JP3298133B2 - Method for producing zeolite containing cobalt and palladium and method for purifying exhaust gas - Google Patents

Description

DETAILED DESCRIPTION OF THE INVENTION

[0001]

The present invention relates to a method for purifying exhaust gas discharged from an internal combustion engine and a method for producing a catalyst.
In particular, the present invention relates to a method for producing a cobalt and palladium-containing zeolite catalyst for removing nitrogen oxides, carbon monoxide and hydrocarbons in an oxygen-excess exhaust gas, and an exhaust gas purification method.

[0002]

2. Description of the Related Art At present, purification of nitrogen oxides, carbon monoxide, hydrocarbons, and the like has been regarded as important due to serious environmental problems. Nitrogen oxides represent various mobile sources, such as internal combustion engines such as gasoline engines of automobiles, and internal combustion engines, such as boilers in factory plants, gas engines in cogeneration systems, and gas turbines. It is also emitted in large quantities from stationary sources, and its purification is an urgent and important social issue.

At present, a three-way catalyst having Pt, Rh, Pd, etc. supported on a carrier is used as a catalyst for purifying exhaust gas discharged from an internal combustion engine. Since oxides cannot be purified, they are used together with a system that controls the ratio of air to fuel (so-called air-fuel ratio).

On the other hand, a lean burn system has been developed for the purpose of reducing fuel consumption and reducing carbon dioxide emissions. However, since the exhaust gas of the lean burn is excessive in oxygen, the three-way catalyst removes nitrogen oxides. Can not do it.

[0005] As a method for removing nitrogen oxides from an excess oxygen exhaust gas, reductive denitration by adding ammonia is performed.
Due to the size of the apparatus and the danger of ammonia, its use range is limited.

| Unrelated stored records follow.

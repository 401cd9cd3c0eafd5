// The command `verify SETTINGS`.
ghost use Rattle.std.specs.Prelude.{◌≡◌, ◌≤◌, IfOk, length};
ghost use Rattle.command_scripts.specs.Does.{Does};
ghost use Rattle.command_steps.specs.Reviewed.{found_of, IsReviewed};
ghost use Rattle.command_scripts.specs.Steps.{sink_seen, store_seen, Makes, seen_by, Takes};
ghost use Rattle.link_limits.specs.declared.TheConstants.{MOST_WRITTEN_BYTES};
ghost use Rattle.link_shell.specs.VerifySettings.{ended_if, TellsOf, verify_script, written_files, written_plan};
ghost use Rattle.written_check.specs.Verified.{texts_in};

use command_scripts::{Ended, load_written, print_text};
use command_steps::{ReviewedSettings, load_reviewed_settings};
use link_base::FileRole;
use link_core::{Verification, Written, verify_files};
use link_outside::{Refusal, Sink, Store};
use std::alloc::Global;

// Loads the three files that are verified.
fn load_files<S: Store>(alloc: Global, store: &mut S) -> Result<Written, Refusal>
    ensures takes { Takes written_files (store_seen S.tells S.held S.faults store.old store.new) (seen_by texts_in result) }
    ensures rule { IfOk result (λ w. length w.rule ≤ MOST_WRITTEN_BYTES) }
    ensures links { IfOk result (λ w. length w.links ≤ MOST_WRITTEN_BYTES) }
    ensures prices { IfOk result (λ w. length w.prices ≤ MOST_WRITTEN_BYTES) }
{
    let rule = load_written(alloc, store, "rule.csv", FileRole::Rule)?;
    let links = match load_written(alloc, store, "links.csv", FileRole::Links) {
        Ok(links) => links,
        Err(refusal) => {
            drop(rule);
            return Err(refusal);
        }
    };
    match load_written(alloc, store, "prices.csv", FileRole::Prices) {
        Ok(prices) => Ok(Written {
            rule,
            links,
            prices,
        }),
        Err(refusal) => {
            drop(links);
            drop(rule);
            Err(refusal)
        }
    }
}

// Loads the three files, and verifies them.
fn verify_found<S: Store>(
    alloc: Global,
    store: &mut S,
    found: &ReviewedSettings,
) -> Result<Verification, Refusal>
    requires { IsReviewed found.now }
    ensures { Makes (written_plan (found_of found.now)) TellsOf (store_seen S.tells S.held S.faults store.old store.new) result }
{
    let written = load_files(alloc, store)?;
    let reviewed = &found.reviewed;
    let verified = verify_files(
        alloc,
        &found.plan,
        &reviewed.files,
        &reviewed.decided,
        &reviewed.journal,
        &written,
    );
    drop(written);
    let told = verified?;
    Ok(told)
}

// How a command ends that was told whether files prove their links.
fn ended_of(proved: bool) -> Ended
    ensures { result ≡ ended_if proved }
{
    if proved { Ended::Done } else { Ended::Refuted }
}

// Follows the script.
pub(crate) fn perform<S: Store, O: Sink>(
    alloc: Global,
    name: &str,
    store: &mut S,
    out: &mut O,
) -> Result<Ended, Refusal>
    ensures { Does (verify_script name.now) (store_seen S.tells S.held S.faults store.old store.new) (sink_seen O.tells O.taken O.faults out.old out.new) result }
{
    let found = load_reviewed_settings(alloc, store, name, false)?;
    let verified = verify_found(alloc, store, &found);
    drop(found);
    let told = verified?;
    print_text(alloc, ended_of(told.proved), told.line, out)
}
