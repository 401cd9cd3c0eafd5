// The command `frontier SETTINGS MU..`.
ghost use Rattle.std.specs.Prelude.{◌≡◌, ◌≤◌, All, IfOk, IfSome, is_some, map, string_bytes, true};
ghost use Rattle.std.specs.List.{list_all};
ghost use Rattle.command_scripts.specs.Does.{Does};
ghost use Rattle.command_scripts.specs.Steps.{sink_seen, store_seen};
ghost use Rattle.csv_rows.specs.Numbers.{number_in};
ghost use Rattle.link_core.specs.Rules.{IsFrontierText};
ghost use Rattle.link_limits.specs.declared.TheConstants.{PER_MILLION};
ghost use Rattle.link_shell.specs.SettingsCommands.{are_frontier_words, are_levels_from, asked_in, asked_of_request, frontier_script, is_level_word};
ghost use Rattle.link_plan.specs.Ranges.{KeepsRanges};

use crate::words::{MOST_LISTED, is_settings, word_at};
use command_scripts::{Ended, print_lines};
use command_steps::{Shared, load_shared};
use csv_rows::read_decimal;
use link_base::{NoMemory, Text};
use link_core::frontier_lines;
use link_limits::PER_MILLION;
use link_outside::{Refusal, Sink, Store};
use std::alloc::Global;

/// A settings file, and the words of the asked levels of links.
#[derive(Clone, Copy)]
pub(crate) struct FrontierRequest<'w> {
    pub(crate) name: &'w str,
    pub(crate) levels: &'w [String],
}

// Whether words are levels that rise.
fn are_levels(words: &[String]) -> bool
    ensures { result ≡ are_levels_from 0 (map string_bytes words.now) }
{
    let mut least = 0;
    for word in words {
        match read_decimal(word.as_bytes(), PER_MILLION) {
            Some(level) if level >= least => least = level + 1,
            _ => return false,
        }
    }
    true
}

// Reads the words: the name of the settings file, and the levels.
pub(crate) fn read(words: &[String]) -> Option<FrontierRequest<'_>>
    ensures some { is_some result ≡ are_frontier_words (map string_bytes words.now) }
    ensures asked { IfSome result (λ r. asked_of_request r ≡ asked_in (map string_bytes words.now)) }
    ensures levels { IfSome result (λ r. list_all is_level_word (map string_bytes r.levels.now) ≡ true) }
{
    if words.len() < 3 || words.len() > MOST_LISTED + 2 {
        return None;
    }
    let name = word_at(words, 1);
    let levels = &words[2..];
    if is_settings(name) && are_levels(levels) {
        Some(FrontierRequest { name, levels })
    } else {
        None
    }
}

// The levels that words write.
fn levels_of(alloc: Global, words: &[String]) -> Result<Vec<u32>, NoMemory>
    requires { list_all is_level_word (map string_bytes words.now) ≡ true }
    ensures levels { IfOk result (λ levels. levels.items ≡ map number_in (map string_bytes words.now)) }
    ensures most { IfOk result (λ levels. All (λ mu. mu ≤ PER_MILLION) levels.items) }
{
    let mut levels = Vec::new(alloc);
    for word in words {
        match read_decimal(word.as_bytes(), PER_MILLION) {
            Some(level) => levels.push(level)?,
            None => unreachable!(),
        }
    }
    Ok(levels)
}

// The text of the frontier at the levels that words write.
fn text_at(alloc: Global, shared: &Shared, words: &[String]) -> Result<Text, NoMemory>
    requires levels { list_all is_level_word (map string_bytes words.now) ≡ true }
    requires ranges { KeepsRanges shared.now.plan }
    ensures { IfOk result (IsFrontierText shared.now.plan shared.now.shares (map number_in (map string_bytes words.now))) }
{
    let levels = levels_of(alloc, words)?;
    let lines = frontier_lines(alloc, &shared.plan, &shared.shares, &levels);
    drop(levels);
    lines
}

// Follows the script.
pub(crate) fn perform<S: Store, O: Sink>(
    alloc: Global,
    request: &FrontierRequest<'_>,
    store: &mut S,
    out: &mut O,
) -> Result<Ended, Refusal>
    requires { list_all is_level_word (map string_bytes request.now.levels.now) ≡ true }
    ensures { Does (frontier_script (asked_of_request request.now)) (store_seen S.tells S.held S.faults store.old store.new) (sink_seen O.tells O.taken O.faults out.old out.new) result }
{
    let shared = load_shared(alloc, store, request.name)?;
    let lines = text_at(alloc, &shared, request.levels);
    drop(shared);
    print_lines(alloc, lines, out)
}
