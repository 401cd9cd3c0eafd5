// The command `pairs A B COLUMN`.
ghost use Rattle.std.specs.Prelude.{◌≡◌, IfSome, is_some, map, string_bytes};
ghost use Rattle.command_scripts.specs.Does.{Does};
ghost use Rattle.command_scripts.specs.Steps.{sink_seen, store_seen};
ghost use Rattle.link_shell.specs.Generate.{are_column_words, columns_in, columns_of_request, columns_script};

use crate::words::{is_short, word_at};
use command_scripts::{Ended, print_text};
use command_steps::load_both;
use link_core::pair_rows;
use link_outside::{Refusal, Sink, Store};
use std::alloc::Global;

/// The files and the column.
#[derive(Clone, Copy)]
pub(crate) struct ColumnRequest<'w> {
    pub(crate) a: &'w str,
    pub(crate) b: &'w str,
    pub(crate) column: &'w str,
}

// Reads the words.
pub(crate) fn read(words: &[String]) -> Option<ColumnRequest<'_>>
    ensures some { is_some result ≡ are_column_words (map string_bytes words.now) }
    ensures request { IfSome result (λ r. columns_of_request r ≡ columns_in (map string_bytes words.now)) }
{
    if words.len() != 4 {
        return None;
    }
    let a = word_at(words, 1);
    let b = word_at(words, 2);
    let column = word_at(words, 3);
    if is_short(a) && is_short(b) && is_short(column) {
        Some(ColumnRequest { a, b, column })
    } else {
        None
    }
}

// Follows the script.
pub(crate) fn perform<S: Store, O: Sink>(
    alloc: Global,
    request: &ColumnRequest<'_>,
    store: &mut S,
    out: &mut O,
) -> Result<Ended, Refusal>
    ensures { Does (columns_script (columns_of_request request.now)) (store_seen S.tells S.held S.faults store.old store.new) (sink_seen O.tells O.taken O.faults out.old out.new) result }
{
    let inputs = load_both(alloc, store, request.a, request.b)?;
    let text = pair_rows(alloc, request.column, inputs.a, inputs.b)?;
    print_text(alloc, Ended::Done, text, out)
}
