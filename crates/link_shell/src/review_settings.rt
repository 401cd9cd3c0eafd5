// The command `review SETTINGS VERDICTS DATE REVIEWER`.
ghost use Rattle.std.specs.Prelude.{◌≡◌, IfSome, is_some, map, string_bytes, Some};
ghost use Rattle.command_scripts.specs.Does.{Does};
ghost use Rattle.command_steps.specs.Reviewed.{review_of};
ghost use Rattle.command_scripts.specs.Steps.{sink_seen, store_seen, Takes};
ghost use Rattle.link_core.specs.Rules.{IsDecidedIn};
ghost use Rattle.link_core.specs.Review.{IsJournalOf};
ghost use Rattle.link_shell.specs.ReviewSettings.{added_verdicts, are_review_words, IsReviewRequest, review_in, review_of_request, review_script, reviewed_journal};
ghost use Rattle.link_plan.specs.Ranges.{KeepsRanges, NamesFiles};

use crate::words::{is_settings, is_short, word_at};
use command_scripts::{Ended, load_file};
use command_steps::{Reviewed, load_journal_plan, load_reviewed, put_journal};
use link_base::{FileRole, Text};
use link_core::add_verdicts;
use link_outside::{Refusal, Sink, Store};
use link_plan::Plan;
use std::alloc::Global;
use value_forms::read_iso;

/// A settings file, a file of verdicts, their day, counted from 1970-01-01, and their reviewer.
#[derive(Clone, Copy)]
pub(crate) struct ReviewRequest<'w> {
    pub(crate) name: &'w str,
    pub(crate) verdicts: &'w str,
    pub(crate) date: i32,
    pub(crate) reviewer: &'w str,
}

// Reads the words.
pub(crate) fn read(words: &[String]) -> Option<ReviewRequest<'_>>
    ensures some { is_some result ≡ are_review_words (map string_bytes words.now) }
    ensures review { IfSome result (λ r. review_of_request r ≡ review_in (map string_bytes words.now)) }
    ensures valid { IfSome result IsReviewRequest }
{
    if words.len() != 5 {
        return None;
    }
    let name = word_at(words, 1);
    let verdicts = word_at(words, 2);
    let reviewer = word_at(words, 4);
    if !is_settings(name) || !is_short(verdicts) || !is_short(reviewer) {
        return None;
    }
    match read_iso(word_at(words, 3).as_bytes()) {
        Some(date) => Some(ReviewRequest {
            name,
            verdicts,
            date,
            reviewer,
        }),
        None => None,
    }
}

// Loads new verdicts, adds them to the journal, and makes its text.
fn add_loaded<S: Store>(
    alloc: Global,
    store: &mut S,
    request: &ReviewRequest<'_>,
    double: bool,
    reviewed: &mut Reviewed,
) -> Result<Text, Refusal>
    requires request { IsReviewRequest request.now }
    requires of_files { IsDecidedIn reviewed.old.files reviewed.old.decided }
    requires journal { IsJournalOf reviewed.old.files.files reviewed.old.journal }
    ensures { Takes (added_verdicts (review_of_request request.now) double (review_of reviewed.old)) (store_seen S.tells S.held S.faults store.old store.new) result }
{
    let verdicts = load_file(alloc, store, request.verdicts, FileRole::Verdicts)?;
    let added = add_verdicts(
        alloc,
        &reviewed.files,
        &reviewed.decided,
        &mut reviewed.journal,
        verdicts.bytes(),
        request.date,
        request.reviewer,
        double,
    );
    drop(verdicts);
    let text = added?;
    Ok(text)
}

// Loads the files of a plan and new verdicts, adds these to the journal, and makes its text.
fn load_text<S: Store>(
    alloc: Global,
    store: &mut S,
    request: &ReviewRequest<'_>,
    plan: &Plan,
) -> Result<Text, Refusal>
    requires request { IsReviewRequest request.now }
    requires ranges { KeepsRanges plan.now }
    requires names { NamesFiles plan.now }
    ensures { Takes (reviewed_journal (review_of_request request.now) plan.now) (store_seen S.tells S.held S.faults store.old store.new) result }
{
    let mut reviewed = load_reviewed(alloc, store, plan, false)?;
    let added = add_loaded(alloc, store, request, plan.terms.double, &mut reviewed);
    drop(reviewed);
    added
}

// Follows the script.
pub(crate) fn perform<S: Store, O: Sink>(
    alloc: Global,
    request: &ReviewRequest<'_>,
    store: &mut S,
    out: &mut O,
) -> Result<Ended, Refusal>
    requires { IsReviewRequest request.now }
    ensures { Does (review_script (review_of_request request.now)) (store_seen S.tells S.held S.faults store.old store.new) (sink_seen O.tells O.taken O.faults out.old out.new) result }
{
    let plan = load_journal_plan(alloc, store, request.name)?;
    match load_text(alloc, store, request, &plan) {
        Ok(text) => {
            let ended = put_journal(alloc, &plan, &text, store);
            drop(plan);
            ended
        }
        Err(refusal) => {
            drop(plan);
            Err(refusal)
        }
    }
}
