// A run, and then what an auditor is told of it.
ghost use Rattle.std.specs.Prelude.{map, string_bytes};
ghost use Rattle.command_scripts.specs.Steps.{sink_seen, store_seen};
ghost use Rattle.link_shell.specs.Meaning.{YesAfterRun};

use crate::command::linkage;
use link_outside::{Refusal, Sink, Store};
use std::alloc::Global;

/// Makes the call of a run and then that of `verify`, and answers both statuses: after a run that is done, `verify` with the same
/// settings file says yes, unless the store or `out` fails or memory is wanted.
pub fn run_then_verify<S: Store, O: Sink, E: Sink>(
    alloc: Global,
    run: &[String],
    verify: &[String],
    store: &mut S,
    out: &mut O,
    err: &mut E,
) -> (u8, u8)
    ensures { YesAfterRun (map string_bytes run.now) (map string_bytes verify.now) (store_seen S.tells S.held S.faults store.old store.new) (sink_seen O.tells O.taken O.faults out.old out.new) result.0 result.1 }
{
    let ran = linkage(alloc, run, store, out, err);
    let verified = linkage(alloc, verify, store, out, err);
    (ran, verified)
}
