// The command `migrate SETTINGS`.
ghost use Rattle.command_scripts.specs.Does.{Does};
ghost use Rattle.command_scripts.specs.Steps.{sink_seen, store_seen, Takes};
ghost use Rattle.link_shell.specs.SettingsCommands.{journal_text, migrate_script, written_journal};
ghost use Rattle.link_plan.specs.Ranges.{KeepsRanges, NamesFiles};

use command_scripts::Ended;
use command_steps::{load_journal, load_journal_plan, load_prepared, put_journal};
use link_base::Text;
use link_core::{Prepared, journal_lines};
use link_outside::{Refusal, Sink, Store};
use link_plan::Plan;
use std::alloc::Global;

// Loads the journal of a plan, over its prepared files, and makes its text.
fn text_over<S: Store>(
    alloc: Global,
    store: &mut S,
    plan: &Plan,
    files: &Prepared,
) -> Result<Text, Refusal>
    requires { NamesFiles plan.now }
    ensures { Takes (journal_text plan.now files.now.files) (store_seen S.tells S.held S.faults store.old store.new) result }
{
    let journal = load_journal(alloc, store, plan, files)?;
    let lines = journal_lines(alloc, files, &journal);
    drop(journal);
    let text = lines?;
    Ok(text)
}

// Loads the files of a plan and its journal, and makes its text.
fn load_text<S: Store>(alloc: Global, store: &mut S, plan: &Plan) -> Result<Text, Refusal>
    requires ranges { KeepsRanges plan.now }
    requires names { NamesFiles plan.now }
    ensures { Takes (written_journal plan.now) (store_seen S.tells S.held S.faults store.old store.new) result }
{
    let files = load_prepared(alloc, store, plan)?;
    let text = text_over(alloc, store, plan, &files);
    drop(files);
    text
}

// Follows the script.
pub(crate) fn perform<S: Store, O: Sink>(
    alloc: Global,
    name: &str,
    store: &mut S,
    out: &mut O,
) -> Result<Ended, Refusal>
    ensures { Does (migrate_script name.now) (store_seen S.tells S.held S.faults store.old store.new) (sink_seen O.tells O.taken O.faults out.old out.new) result }
{
    let plan = load_journal_plan(alloc, store, name)?;
    match load_text(alloc, store, &plan) {
        Ok(text) => {
            let ended = put_journal(alloc, &plan, &text, store);
            drop(plan);
            ended
        }
        Err(refusal) => {
            drop(plan);
            Err(refusal)
        }
    }
}
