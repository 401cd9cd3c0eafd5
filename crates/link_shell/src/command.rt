// The top calls.
ghost use Rattle.std.specs.Prelude.{◌≡◌, map, Result, Some, string_bytes};
ghost use Rattle.command_scripts.specs.Steps.{sink_seen, store_seen};
ghost use Rattle.command_scripts.specs.declared.ends.Ended.{Ended as AnyEnded};
ghost use Rattle.link_outside.specs.declared.refusal.Refusal.{Refusal as AnyRefusal};
ghost use Rattle.link_shell.specs.Meaning.{ProvedByRun, YesWhereProved, RowsSayYes, YesMeans};
ghost use Rattle.link_shell.specs.Linked.{Always, Carried, Follows, Performed, Reported};
ghost use Rattle.link_shell.specs.Commands.{command_of, form_command, forms};
ghost use Rattle.link_shell.specs.Headline.{Headline};
ghost use Rattle.link_shell.specs.KeptVerdicts.{NoVerdictLost};
ghost use Rattle.link_shell.specs.Words.{word};
ghost use Rattle.settings_readers.specs.Values.{named_in};

use crate::filled_rule::commands_go_by_filled_rule;
use crate::limits::limits_are_these;
use crate::meaning::verify_tells;
use crate::words::word_at;
use crate::{
    frontier_settings, generate, keys, many_settings, pairs_columns, review_settings,
    settings_commands,
};
use command_scripts::Ended;
use link_core::run_is_verified;
use link_outside::{Refusal, Sink, SinkError, Store, write_refusal};
use review_journal::no_verdict_is_lost;
use settings_readers::named_in;
use std::alloc::Global;

// What words ask for that are more than a verb and a settings file.
#[derive(Clone, Copy)]
pub(crate) enum Form {
    Columns,
    Keys,
    Frontier,
    Review,
    Many,
    Generate,
    Help,
}

const FORMS: [(&str, Form); 8] = [
    ("pairs", Form::Columns),
    ("keys", Form::Keys),
    ("frontier", Form::Frontier),
    ("review", Form::Review),
    ("many", Form::Many),
    ("generate", Form::Generate),
    ("help", Form::Help),
    ("--help", Form::Help),
];

// The form of which the first word is the verb.
fn form_of(words: &[String]) -> Option<Form>
    ensures { result ≡ named_in forms (word (map string_bytes words.now) 0) }
{
    if words.is_empty() {
        return None;
    }
    named_in(&FORMS, word_at(words, 0))
}

// Follows the script of the command of a form.
fn follow_form<S: Store, O: Sink>(
    alloc: Global,
    form: Form,
    words: &[String],
    store: &mut S,
    out: &mut O,
) -> Result<Ended, Refusal>
    ensures { Follows (form_command (Some form) (map string_bytes words.now)) (store_seen S.tells S.held S.faults store.old store.new) (sink_seen O.tells O.taken O.faults out.old out.new) result }
{
    match form {
        Form::Columns => match pairs_columns::read(words) {
            Some(request) => pairs_columns::perform(alloc, &request, store, out),
            None => Err(Refusal::Usage),
        },
        Form::Keys => match keys::read(words) {
            Some(rest) => keys::perform(alloc, rest, store, out),
            None => Err(Refusal::Usage),
        },
        Form::Frontier => match frontier_settings::read(words) {
            Some(request) => frontier_settings::perform(alloc, &request, store, out),
            None => Err(Refusal::Usage),
        },
        Form::Review => match review_settings::read(words) {
            Some(request) => review_settings::perform(alloc, &request, store, out),
            None => Err(Refusal::Usage),
        },
        Form::Many => match many_settings::read(words) {
            Some(request) => many_settings::perform(alloc, &request, store, out),
            None => Err(Refusal::Usage),
        },
        Form::Generate => match generate::read(words) {
            Some(rows) => generate::perform(alloc, rows, store, out),
            None => Err(Refusal::Usage),
        },
        Form::Help if words.len() == 1 => keys::print_help(alloc, store, out),
        Form::Help => Err(Refusal::Usage),
    }
}

// Follows the script of the command that the words name.
fn follow<S: Store, O: Sink>(
    alloc: Global,
    words: &[String],
    store: &mut S,
    out: &mut O,
) -> Result<Ended, Refusal>
    ensures { Follows (command_of (map string_bytes words.now)) (store_seen S.tells S.held S.faults store.old store.new) (sink_seen O.tells O.taken O.faults out.old out.new) result }
{
    match settings_commands::read(words) {
        Some(asked) => {
            return settings_commands::perform(alloc, asked.verb, asked.name, store, out);
        }
        None => {}
    }
    match form_of(words) {
        Some(form) => follow_form(alloc, form, words, store, out),
        None => Err(Refusal::Usage),
    }
}

/// Does the command that the words name, all but the line of a refusal: it goes through the steps of the
/// command, and hands its text to `out` or makes its puts (clause `performed`). All that `linkage` says of the store, of `out` and of
/// the status holds of its answer (clause `carried`).
pub fn perform<S: Store, O: Sink>(
    alloc: Global,
    words: &[String],
    store: &mut S,
    out: &mut O,
) -> Result<Ended, Refusal>
    ensures performed { Performed (map string_bytes words.now) (store_seen S.tells S.held S.faults store.old store.new) (sink_seen O.tells O.taken O.faults out.old out.new) result }
    ensures carried { Carried (map string_bytes words.now) (store_seen S.tells S.held S.faults store.old store.new) (sink_seen O.tells O.taken O.faults out.old out.new) result }
{
    run_is_verified();
    verify_tells();
    no_verdict_is_lost();
    follow(alloc, words, store, out)
}

// Hands the line of a refusal to `err`, and says the status.
fn report<E: Sink>(alloc: Global, answer: &Result<Ended, Refusal>, err: &mut E) -> u8
    ensures { Reported (sink_seen E.tells E.taken E.faults err.old err.new) answer.now result }
{
    match answer {
        Ok(Ended::Done) => 0,
        Ok(Ended::Refuted) => 9,
        Err(refusal) => match write_refusal(alloc, refusal, err) {
            Ok(()) => refusal.status(),
            Err(SinkError::Failed) => refusal.status(),
            Err(SinkError::NoMemory) => 8,
        },
    }
}

/// Does the command that the words name over the store, hands what it prints to `out` and the line of a
/// fault to `err`, and answers its exit status: 0 done, 9 refuted, and else that of the refusal.
///
/// For every accepted input, `run` writes exactly the pairs that share a key in some pass, each once; a rule that, among all
/// randomised rules whose error levels are at most its own, has the least chance of 'possible link' for matched and for unmatched
/// pairs; and one-to-one links, each by rule or review, of greatest total weight, awards of review included, with prices that
/// certify it (clause `headline`). What it writes is verified: after it `verify` with the same settings file says yes where nothing
/// outside fails and memory is there (clauses `proved_by_run` and `yes_where_proved`).
///
/// `verify` ends with 0 only where the three files, whoever wrote them, have the rows of that least rule, of such links and of such
/// prices, and with 9 only where they have not (clause `yes_means`); where they have them, in any form that CSV allows, it says yes where
/// nothing outside fails and memory is there (clause `rows_say_yes`).
///
/// No verdict is lost: the journal that `review` or `migrate` leaves loads as the entries that it had, followed by one for each new
/// verdict (clause `no_verdict_lost`). Each command that decides goes by the filled table, and each limit is the
/// number that users are told (clause `always`).
///
/// But for `performed` and `always`, all of this is said of a store that tells what its names hold.
pub fn linkage<S: Store, O: Sink, E: Sink>(
    alloc: Global,
    words: &[String],
    store: &mut S,
    out: &mut O,
    err: &mut E,
) -> u8
    ensures performed { (answer : Result AnyEnded AnyRefusal)
        × Performed (map string_bytes words.now) (store_seen S.tells S.held S.faults store.old store.new) (sink_seen O.tells O.taken O.faults out.old out.new) answer
        × Reported (sink_seen E.tells E.taken E.faults err.old err.new) answer result }
    ensures headline { Headline (map string_bytes words.now) (store_seen S.tells S.held S.faults store.old store.new) (sink_seen O.tells O.taken O.faults out.old out.new) (sink_seen E.tells E.taken E.faults err.old err.new) result }
    ensures proved_by_run { ProvedByRun (map string_bytes words.now) (store_seen S.tells S.held S.faults store.old store.new) result }
    ensures yes_where_proved { YesWhereProved (map string_bytes words.now) (store_seen S.tells S.held S.faults store.old store.new) (sink_seen O.tells O.taken O.faults out.old out.new) result }
    ensures yes_means { YesMeans (map string_bytes words.now) (store_seen S.tells S.held S.faults store.old store.new) (sink_seen O.tells O.taken O.faults out.old out.new) result }
    ensures rows_say_yes { RowsSayYes (map string_bytes words.now) (store_seen S.tells S.held S.faults store.old store.new) (sink_seen O.tells O.taken O.faults out.old out.new) result }
    ensures no_verdict_lost { NoVerdictLost (map string_bytes words.now) (store_seen S.tells S.held S.faults store.old store.new) result }
    ensures always { Always }
{
    run_is_verified();
    verify_tells();
    no_verdict_is_lost();
    commands_go_by_filled_rule();
    limits_are_these();
    let answer = perform(alloc, words, store, out);
    let status = report(alloc, &answer, err);
    drop(answer);
    status
}
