// The limits of the code.
ghost use Rattle.link_shell.specs.Limits.{TheLimits};

/// The constants of the code are the limits that users are told.
pub fn limits_are_these()
    ensures { TheLimits }
{}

Recently, a zeolite-based catalyst has been proposed which can purify nitrogen oxides in an oxygen-excess exhaust gas without adding a special reducing gas such as ammonia. For example, JP-A-63-283727 and JP-A-1-13073.
No. 5 proposes that a zeolite catalyst ion-exchanged with a transition metal can purify nitrogen oxides by using unburned hydrocarbons contained in exhaust gas containing excess oxygen as a reducing agent. However, the conventional zeolite-based catalysts proposed in the above publication have not yet reached practical use.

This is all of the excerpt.